Stored items

//! A place in a row, and the parts that rows are made of.

ghost use Rattle.std.specs.Prelude.{◌≡◌, ◌+◌, ◌*◌, ◌/◌, ◌%◌, ◌^◌, ◌<◌, ◌≤◌, [], IfOk, IfSome, List, Some, length, ℕ};
ghost use Rattle.cet_words.specs.Access.{InRange};
ghost use Rattle.cet_words.specs.Layout.{word_in, page_count, word_count};
ghost use Rattle.cet_page.specs.Script.{play, ask, tell, done, no_changes};
ghost use Rattle.cet_page.specs.Plays.{Refines, RefinesBy, Asks, Marks};
ghost use Rattle.cet_words.specs.Change.{Change};
ghost use Rattle.cet_page.specs.Parts.{general_protection, invalid_opcode, check_address, check_address_as, look, look_as, look_in_as, probe, probe_in, read_entry};
ghost use Rattle.cet_page.specs.Parts.{load, loads, store, stores, store_each, compare_exchange, swap, fetch_add, fetch_or, fetch_and};

use crate::checks::{Kind, Who, check, page_fault};
use cet_isa::{Fault, FaultName, is_canonical};
use cet_words::{Access, page_of};

/// What an access means for the thread itself.
#[derive(Clone, Copy, Debug, PartialEq, Eq)]
pub enum Mark {
    /// Nothing.
    Plain,
    /// It takes this supervisor stack, where it finds the token free.
    Takes(u8),
    /// It gives the supervisor stack back that the thread holds.
    Gives,
    /// Where the answer is below 32, it bears the thread of that number, with its shadow stack from this
    /// address on.
    Bears(u64),
}

/// Why a row goes no further: it wants an access, or has a fault.
#[derive(Clone, Copy, Debug, PartialEq, Eq)]
pub enum Suspended {
    Access(Access, Mark),
    Fault(Fault),
}

/// A place among the accesses that were made: how many of them follow, and the values kept of these.
#[derive(Clone, Copy, Debug)]
pub struct Cursor<'a> {
    pub left: u32,
    pub rest: &'a [u64],
}

/// #GP(0), general protection.
pub fn general_protection() -> Suspended
    ensures { result ≡ Suspended.Fault general_protection }
{
    Suspended::Fault(Fault {
        name: FaultName::Gp,
        code: 0,
        a: 0,
        b: 0,
    })
}

/// #UD, invalid opcode.
pub fn invalid_opcode() -> Suspended
    ensures { result ≡ Suspended.Fault invalid_opcode }
{
    Suspended::Fault(Fault {
        name: FaultName::Ud,
        code: 0,
        a: 0,
        b: 0,
    })
}

/// The number of the word that holds an address of a page.
pub fn word_in(page: u32, addr: u64) -> u32
    requires { page < page_count }
    ensures value { result ≡ word_in page addr }
    ensures range { result < word_count }
{
    512 * page + (addr % 4096 / 8) as u32
}

impl<'a> Cursor<'a> {
    /// An access whose value is kept.
    pub fn ask(&mut self, access: Access) -> Result<u64, Suspended>
        requires { InRange access }
        ensures { Refines (play (ask access no_changes done) self.old.left self.old.rest.now) result self.new.left self.new.rest.now }
    {
        self.ask_as(access, Mark::Plain)
    }

    /// An access whose value is kept, with its mark.
    pub fn ask_as(&mut self, access: Access, mark: Mark) -> Result<u64, Suspended>
        requires { InRange access }
        ensures { Asks access mark self.old.left self.old.rest.now result self.new.left self.new.rest.now }
    {
        if self.left == 0 {
            return Err(Suspended::Access(access, mark));
        }
        let [value, rest @ ..] = self.rest else {
            return Err(Suspended::Access(access, mark));
        };
        self.left -= 1;
        self.rest = rest;
        Ok(*value)
    }

    /// A store.
    #[tactic(auto, unfolding(crate::specs::Parts::store_as))]
    pub fn store(&mut self, word: u32, value: u64) -> Result<(), Suspended>
        requires { word < word_count }
        ensures { Refines (play (store word value) self.old.left self.old.rest.now) result self.new.left self.new.rest.now }
    {
        if self.left == 0 {
            return Err(Suspended::Access(Access::Store(word, value), Mark::Plain));
        }
        self.left -= 1;
        Ok(())
    }

    /// The load of a word.
    #[tactic(auto, unfolding(crate::specs::Parts::load_as))]
    pub fn load(&mut self, word: u32) -> Result<u64, Suspended>
        requires { word < word_count }
        ensures { Refines (play (load word) self.old.left self.old.rest.now) result self.new.left self.new.rest.now }
    {
        self.ask(Access::Load(word))
    }

    /// A compare-and-exchange; the answer is the word found.
    #[tactic(auto, unfolding(crate::specs::Parts::compare_exchange_as))]
    pub fn compare_exchange(
        &mut self,
        word: u32,
        expected: u64,
        value: u64,
    ) -> Result<u64, Suspended>
        requires { word < word_count }
        ensures { Refines (play (compare_exchange word expected value) self.old.left self.old.rest.now) result self.new.left self.new.rest.now }
    {
        self.ask(Access::CompareExchange(word, expected, value))
    }

    /// The exchange of a word; the answer is the word found.
    #[tactic(auto, unfolding(crate::specs::Parts::swap))]
    pub fn swap(&mut self, word: u32, value: u64) -> Result<u64, Suspended>
        requires { word < word_count }
        ensures { Refines (play (swap word value) self.old.left self.old.rest.now) result self.new.left self.new.rest.now }
    {
        self.ask(Access::Swap(word, value))
    }

    /// A fetch-and-add; the answer is the word found.
    #[tactic(auto, unfolding(crate::specs::Parts::fetch_add_as))]
    pub fn fetch_add(&mut self, word: u32, value: u64) -> Result<u64, Suspended>
        requires { word < word_count }
        ensures { Refines (play (fetch_add word value) self.old.left self.old.rest.now) result self.new.left self.new.rest.now }
    {
        self.ask(Access::FetchAdd(word, value))
    }

    /// A fetch-and-or; the answer is the word found.
    #[tactic(auto, unfolding(crate::specs::Parts::fetch_or))]
    pub fn fetch_or(&mut self, word: u32, value: u64) -> Result<u64, Suspended>
        requires { word < word_count }
        ensures { Refines (play (fetch_or word value) self.old.left self.old.rest.now) result self.new.left self.new.rest.now }
    {
        self.ask(Access::FetchOr(word, value))
    }

    /// A fetch-and-and; the answer is the word found.
    #[tactic(auto, unfolding(crate::specs::Parts::fetch_and))]
    pub fn fetch_and(&mut self, word: u32, value: u64) -> Result<u64, Suspended>
        requires { word < word_count }
        ensures { Refines (play (fetch_and word value) self.old.left self.old.rest.now) result self.new.left self.new.rest.now }
    {
        self.ask(Access::FetchAnd(word, value))
    }

    /// Stores to so many words, the lowest first: the first gets the value, and each further one the value
    /// before and the step. They are passed over at once.
    #[tactic(auto, using(crate::proofs::PartLaws::play_stores_over, crate::proofs::PartLaws::play_stores_wants))]
    pub fn stores(&mut self, count: u32, word: u32, value: u64, step: u64) -> Result<(), Suspended>
        requires words { word + count ≤ word_count }
        requires values { value + step * count < 2 ^ 64 }
        ensures { Refines (play (stores count word value step) self.old.left self.old.rest.now) result self.new.left self.new.rest.now }
    {
        if self.left >= count {
            self.left -= count;
            return Ok(());
        }
        let at = self.left;
        Err(Suspended::Access(
            Access::Store(word + at, value + step * u64::from(at)),
            Mark::Plain,
        ))
    }

    /// Stores of these values, the lowest first: to a word and to those above it. They are passed over at once.
    #[tactic(auto, using(crate::proofs::PartLaws::play_each_over, crate::proofs::PartLaws::play_each_wants))]
    pub fn store_each(&mut self, word: u32, values: &[u64]) -> Result<(), Suspended>
        requires { word + length values.now ≤ word_count }
        ensures { Refines (play (store_each word values.now) self.old.left self.old.rest.now) result self.new.left self.new.rest.now }
    {
        let count = values.len() as u32;
        if self.left >= count {
            self.left -= count;
            return Ok(());
        }
        let at = self.left;
        Err(Suspended::Access(Access::Store(word + at, values[at as usize]), Mark::Plain))
    }

    /// The loads of so many words, the lowest first. They are passed over at once.
    #[tactic(auto, using(crate::proofs::PartLaws::play_loads_over, crate::proofs::PartLaws::play_loads_wants))]
    pub fn loads(&mut self, count: u32, word: u32) -> Result<&'a [u64], Suspended>
        requires { word + count ≤ word_count }
        ensures comes { RefinesBy (λ answers. answers.now) (play (loads count word) self.old.left self.old.rest.now) result self.new.left self.new.rest.now }
        ensures length { IfOk result (λ answers. length answers.now ≡ count) }
    {
        let there = (self.left as usize).min(self.rest.len()) as u32;
        if there < count {
            return Err(Suspended::Access(Access::Load(word + there), Mark::Plain));
        }
        let (answers, rest) = self.rest.split_at(count as usize);
        self.left -= count;
        self.rest = rest;
        Ok(answers)
    }

    /// The look at a page of which no test is made.
    #[tactic(auto, unfolding(crate::specs::Parts::read_entry))]
    pub fn read_entry(&mut self, page: u32) -> Result<u64, Suspended>
        requires { page < page_count }
        ensures { Refines (play (read_entry page) self.old.left self.old.rest.now) result self.new.left self.new.rest.now }
    {
        self.ask(Access::Look(page))
    }

    /// The canonical test, and then the test for a multiple of the size in bytes.
    #[tactic(auto, unfolding(crate::specs::Parts::check_address_as))]
    pub fn check_address(&mut self, addr: u64, size: u64) -> Result<(), Suspended>
        requires { 0 < size }
        ensures { Refines (play (check_address addr size) self.old.left self.old.rest.now) result self.new.left self.new.rest.now }
    {
        if !is_canonical(addr) {
            return Err(general_protection());
        }
        if addr % size != 0 {
            return Err(Suspended::Fault(Fault {
                name: FaultName::Ac,
                code: 0,
                a: addr,
                b: 0,
            }));
        }
        Ok(())
    }

    /// The canonical test and the test for a multiple of the size in bytes, which both fail with #GP(0).
    #[tactic(auto, unfolding(crate::specs::Parts::check_address_as))]
    pub fn check_address_gp(&mut self, addr: u64, size: u64) -> Result<(), Suspended>
        requires { 0 < size }
        ensures { Refines (play (check_address_as general_protection addr size) self.old.left self.old.rest.now) result self.new.left self.new.rest.now }
    {
        if !is_canonical(addr) || addr % size != 0 {
            return Err(general_protection());
        }
        Ok(())
    }

    /// The look at the page of an address, with the page check; the answer is the page's number.
    #[tactic(auto, unfolding(crate::specs::Parts::look_as, crate::specs::Parts::look_in_as))]
    pub fn look(&mut self, kind: Kind, who: Who, addr: u64) -> Result<u32, Suspended>
        ensures comes { Refines (play (look kind who addr) self.old.left self.old.rest.now) result self.new.left self.new.rest.now }
        ensures range { IfOk result (λ page. page < page_count) }
    {
        let Some(page) = page_of(addr) else {
            return Err(Suspended::Fault(page_fault(0, kind, who, addr)));
        };
        self.look_in(page, kind, who, addr)
    }

    /// The same look, where it has changes that its mark needn't tell.
    #[tactic(auto, using(crate::proofs::PartLaws::look_changes))]
    pub fn look_as(&mut self, kind: Kind, who: Who, addr: u64) -> Result<u32, Suspended>
        ensures comes { (changes : ℕ → List Change) → Marks Mark.Plain changes → Refines (play (look_as changes kind who addr) self.old.left self.old.rest.now) result self.new.left self.new.rest.now }
        ensures range { IfOk result (λ page. page < page_count) }
    {
        self.look(kind, who, addr)
    }

    #[tactic(auto, using(crate::proofs::ScriptLaws::play_bind), unfolding(crate::specs::Parts::look_in_as))]
    fn look_in(&mut self, page: u32, kind: Kind, who: Who, addr: u64) -> Result<u32, Suspended>
        requires { page < page_count }
        ensures comes { Refines (play (look_in_as no_changes (Some page) kind who addr) self.old.left self.old.rest.now) result self.new.left self.new.rest.now }
        ensures range { IfOk result (λ page. page < page_count) }
    {
        let entry = self.ask(Access::Look(page))?;
        match check(entry, kind, who, addr) {
            Ok(()) => Ok(page),
            Err(fault) => Err(Suspended::Fault(fault)),
        }
    }

    /// The look at the page of an address where nothing faults: the page's number, or none where the
    /// page check fails.
    #[tactic(auto, unfolding(crate::specs::Parts::probe, crate::specs::Parts::probe_in))]
    pub fn probe(&mut self, kind: Kind, who: Who, addr: u64) -> Result<Option<u32>, Suspended>
        ensures comes { Refines (play (probe kind who addr) self.old.left self.old.rest.now) result self.new.left self.new.rest.now }
        ensures range { IfOk result (λ found. IfSome found (λ page. page < page_count)) }
    {
        let Some(page) = page_of(addr) else {
            return Ok(None);
        };
        self.probe_in(page, kind, who, addr)
    }

    #[tactic(auto, using(crate::proofs::ScriptLaws::play_bind), unfolding(crate::specs::Parts::probe_in))]
    fn probe_in(
        &mut self,
        page: u32,
        kind: Kind,
        who: Who,
        addr: u64,
    ) -> Result<Option<u32>, Suspended>
        requires { page < page_count }
        ensures comes { Refines (play (probe_in (Some page) kind who) self.old.left self.old.rest.now) result self.new.left self.new.rest.now }
        ensures range { IfOk result (λ found. IfSome found (λ page. page < page_count)) }
    {
        let entry = self.ask(Access::Look(page))?;
        if check(entry, kind, who, addr).is_ok() {
            Ok(Some(page))
        } else {
            Ok(None)
        }
    }
}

▸ Problem details
Each line of the data that includes "Marks" should be copied.

▸ Solution to this exercise
ghost use Rattle.cet_page.specs.Plays.{Refines, RefinesBy, Asks, Marks};
        ensures comes { (changes : ℕ → List Change) → Marks Mark.Plain changes → Refines (play (look_as changes kind who addr) self.old.left self.old.rest.now) result self.new.left self.new.rest.now }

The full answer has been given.